I never hit Annie very hard, just enough to sting her, to wake her up, and I talked to her all the time that I did it. The talk was about how the men, though they never really beat her, might as well have been doing the same thing, because they wore her mind down, and I told her she needed a change of attitude.

Before Annie got sick and died in the joint, the whipping stopped, and we had a good two months together before they took her off to the infirmary. We used to lie in bed facing each other, just the nipples on our breasts and the tips of our toes touching. I’d run the end of my tongue over her lips then, and we would put our hands on the curves above each other’s hips. We didn’t use any devices that reminded us of men, nor did we touch each other in manly ways. I kissed her eyes, and she kissed mine. I bit her ear lobes gently. I took quiet handfuls of her soft flesh. She kissed the little cups behind my knees. We rubbed our mounds together and had sweet names for them. We were never violent or aggressive, nor did we order each other to do things. I gave her a swatch of fabric from the inside of the leg of an old pair of jeans of mine. She gave me a metal comb. I took her to the window to see the birds in the high trees beyond the walls. She told me stories about dreams of flying. I read her Virginia Woolf and Kate Chopin. I gave her cigarettes. I liked the way she sighed when she saw the birds sit on the walls under the trees. She gave me a small purse that she made out of cigarette wrappers. She said she liked the way I was thin and graceful when I walked. I gave her a green marking pencil. She liked to draw pictures of natural objects on my stomach. I liked the way she hummed to herself in the morning, washing up. We painted each other’s toenails with glitter.

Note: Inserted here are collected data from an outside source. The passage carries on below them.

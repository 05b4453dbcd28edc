//! The front end: from the bytes of a C file to its typed program.
ghost use Rattle.std.specs.Prelude.{IfOk, IfErr};
ghost use Rattle.c_tree.specs.Typing.{Sound};
ghost use Rattle.cheric_build.specs.Front.{IsTyped, IsBroken};

use c_elab::elab;
use c_lex::Tokens;
use c_parse::parse;
use c_tree::Typed;
use ck_base::{FILE_TOO_LONG, Pos, Refusal};
use std::alloc::Global;

/// The start of a file.
const START: Pos = Pos { line: 1, col: 1 };

/// The most bytes of a file.
const MOST_BYTES: usize = 4_194_304;

/// The typed program of a C file (C11 6.4 to 6.9), or the first rule that the file breaks: 143 at its start, where it
/// has more than 4,194,304 bytes; 100 to 104, as its tokens are; 121 and 120, as its brackets and its tree are; 130 to
/// 134, 136 and 140, as its types are. The room of its objects and its weight are not looked at.
pub fn front(alloc: Global, file: &[u8]) -> Result<Typed, Refusal>
    ensures typed { IfOk result (IsTyped file.now) }
    ensures sound { IfOk result Sound }
    ensures refused { IfErr result (IsBroken file.now) }
{
    if file.len() > MOST_BYTES {
        return Err(Refusal::Code(FILE_TOO_LONG, START));
    }
    let tree = parse(alloc, Tokens::new(file))?;
    elab(alloc, &tree, file)
}
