//! The typed program as which a C file is accepted.
ghost use Rattle.std.specs.Prelude.{IfOk, IfErr};
ghost use Rattle.accepted_files.specs.Accepted.{Accepts};
ghost use Rattle.c_tree.specs.Typing.{Sound};
ghost use Rattle.cheric_build.specs.FromFile.{IsFileRefusal};

use crate::front_end::front;
use accepted_files::is_light;
use bounds_place::exceeds_limit;
use c_tree::Typed;
use cap_layout::Layouts;
use ck_base::{OBJECTS_TOO_LARGE, Refusal, TOO_HEAVY};
use std::alloc::Global;
use typed_build::START;

/// The typed program as which a C file is accepted, or the first rule that the file breaks: as `front` says; then, at
/// the start of the file, 141 where its objects exceed their limit, and 142 where the
/// weight of a function does, or that of all.
pub fn accepted(alloc: Global, file: &[u8]) -> Result<Typed, Refusal>
    ensures accepted { IfOk result (Accepts file.now) }
    ensures sound { IfOk result Sound }
    ensures refused { IfErr result (IsFileRefusal file.now) }
{
    let p = front(alloc, file)?;
    let layouts = Layouts::new(alloc, &p)?;
    if exceeds_limit(alloc, &layouts, &p)? {
        return Err(Refusal::Code(OBJECTS_TOO_LARGE, START));
    }
    let light = is_light(alloc, &p)?;
    if !light {
        return Err(Refusal::Code(TOO_HEAVY, START));
    }
    Ok(p)
}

She said she liked my eagerness, my little sounds, when I kissed her. She gave me anemones that she had saved up for. I gave her a black, domed pearl button she had admired on a frock of mine. I liked to put my knee between her thighs when we were sleeping. I liked the narrowness of the bed. She told me stories about her childhood in great detail while we were drifting off.

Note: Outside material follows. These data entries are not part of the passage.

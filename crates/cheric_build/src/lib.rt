//! From a C file to machine code: the front end as a whole, and `build`: the image of every accepted file, whose runs
//! are what the file means.
//!
//! Promise: a file is built as the typed program that it is accepted as, or refused by the first rule that it breaks.
//! Definitions (`specs/`): `FromFile`; `Accepted` of `accepted_files`, `Built` of `typed_build`.
//! Main lemmas (`proofs/`): `FileAnswers`, `Once`.
#![tactic(auto)]

mod accepting;
mod building;
mod front_end;

pub use accepting::accepted;
pub use bounds_place::Sizes;
pub use building::{build, build_sized};
pub use front_end::front;
pub use typed_build::{Built, build_typed};
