//! The least bounds of a request.
ghost use Rattle.std.specs.Prelude.{◌≡◌, ℕ, ◌+◌, ◌-◌, ◌/◌, ◌%◌, ◌^◌, ◌≤◌, ◌↔◌, IsTrue};
ghost use Rattle.cap_concentrate.specs.Decoding.{base_of, top_of};
ghost use Rattle.cap_concentrate.specs.Encoding.{AreEncoded};
ghost use Rattle.cap_concentrate.specs.Rounding.{IsLeastBounds, bounds_exponent, least_base, least_top, alignment};
ghost use Rattle.cap_concentrate.specs.Rounding.{owned};

use super::Bounds;

// An end in units of 2^shift, rounded up.
fn units_up(end: u128, shift: u32) -> u128
    requires end_in_range { end ≤ 2 ^ 64 }
    requires shift_in_range { shift ≤ 64 }
    ensures { result ≡ (end + (2 ^ shift - 1)) / 2 ^ shift }
{
    (end + ((1 << shift) - 1)) >> shift
}

// The least exponent at which a request of 4096 bytes or more, rounded at both ends, is short.
fn bounds_exponent(base: u64, len: u64) -> u32
    requires within { base + len ≤ 2 ^ 64 }
    requires long { 4096 ≤ len }
    ensures value { result ≡ bounds_exponent base (base + len) }
    ensures bound { result ≤ 52 }
{
    let end = u128::from(base) + u128::from(len);
    let e = 64 - (len >> 13).leading_zeros();
    if units_up(end, e + 3) < u128::from(base >> (e + 3)) + 1024 {
        e
    } else {
        e + 1
    }
}

/// The least bounds that hold the `len` bytes from `base` on, and the fields that give them there
/// (CHERI ISAv9, CSetBounds).
pub fn set_bounds(base: u64, len: u64) -> Bounds
    requires { base + len ≤ 2 ^ 64 }
    ensures base { result.base ≡ least_base base (base + len) }
    ensures top { result.top ≡ least_top base (base + len) }
    ensures least { IsLeastBounds base (base + len) result.base result.top }
    ensures exact { IsTrue result.exact ↔ ((result.base ≡ base) × (result.top ≡ base + len)) }
    ensures aligned { (n : ℕ) → len ≡ owned n → base % alignment n ≡ 0 → IsTrue result.exact }

    // The fields are the canonical ones.
    ensures encoded { AreEncoded result.internal result.t result.b result.base result.top }
    ensures decodes_base { base_of result.internal result.t result.b base ≡ result.base }
    ensures decodes_top { top_of result.internal result.t result.b base ≡ result.top }
{
    let end = u128::from(base) + u128::from(len);
    if len < 4096 {
        return Bounds {
            base,
            top: end,
            exact: true,
            internal: false,
            t: (end % 4096) as u16,
            b: (base % 16384) as u16,
        };
    }
    let e = bounds_exponent(base, len);
    let low = base >> (e + 3);
    let high = units_up(end, e + 3);
    let rounded_base = low << (e + 3);
    let rounded_top = high << (e + 3);
    Bounds {
        base: rounded_base,
        top: rounded_top,
        exact: rounded_base == base && rounded_top == end,
        internal: true,
        t: (high % 512 * 8) as u16 + (e / 8) as u16,
        b: (low % 2048 * 8) as u16 + (e % 8) as u16,
    }
}

/// The mask of the addresses at which an object of `len` bytes is aligned: ones from the alignment's
/// bit on, and zeros below it (CHERI ISAv9, CRAM).
pub fn alignment_mask(len: u64) -> u64
    ensures { result + alignment len ≡ 2 ^ 64 }
{
    if len < 4096 {
        u64::MAX
    } else {
        u64::MAX << (bounds_exponent(0, len) + 3)
    }
}

/// The owned length of an object of `len` bytes, in 64 bits (CHERI ISAv9, CRRL).
///
/// It is 0 where the owned length is 2^64.
pub fn rounded_length(len: u64) -> u64
    ensures { result ≡ owned len % 2 ^ 64 }
{
    let mask = alignment_mask(len);
    len.wrapping_add(!mask) & mask
}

I dabbed her tears away with Kleenex and kissed the places where the drops had rested. I liked the way her breath smelled when we awakened. She gave me her wedding ring to wear on my thumb. I gave her salted peanuts in small packages. I opened the packages with my teeth and handed them to her. I liked her smile, a little cockeyed, and her even teeth. She told me she liked my toes, and she did the little piggie game for me. I gave her some peace of mind, I think. She liked to comb my hair out by the window. We liked to walk together in the courtyard, making no show of affection but enjoying the looks of the others who knew about us. We liked it that they really didn’t know anything at all. She gave me kisses in the palms of my hands.

I gave her a picture of myself to carry in her pocket. I cut the man out of it with scissors. She liked to brush against me secretly in public. I enjoyed it when she lifted me off the bed and sat me up. I rocked her in my arms when she got sick and fearful. We had secret names for each other, different ones we didn’t think were silly. I gave her pieces of hard candy. She told me she was in love with me and made a small occasion out of saying it. I liked the feel of the thickness of her ankles, holding them when I rubbed her feet. We liked to stand together at the window. She gave me a hanky she had embroidered: a crewelwork crown of red vines and a small blue flower in the corner. I gave her a peach when I got it. She said she liked the way my teeth felt under my tongue. She gave me a felt bookmark with a prayer on it. I liked to look up and see her listening hard when I read to her. She mouthed the words of repeated passages. She fluffed the pillows for me.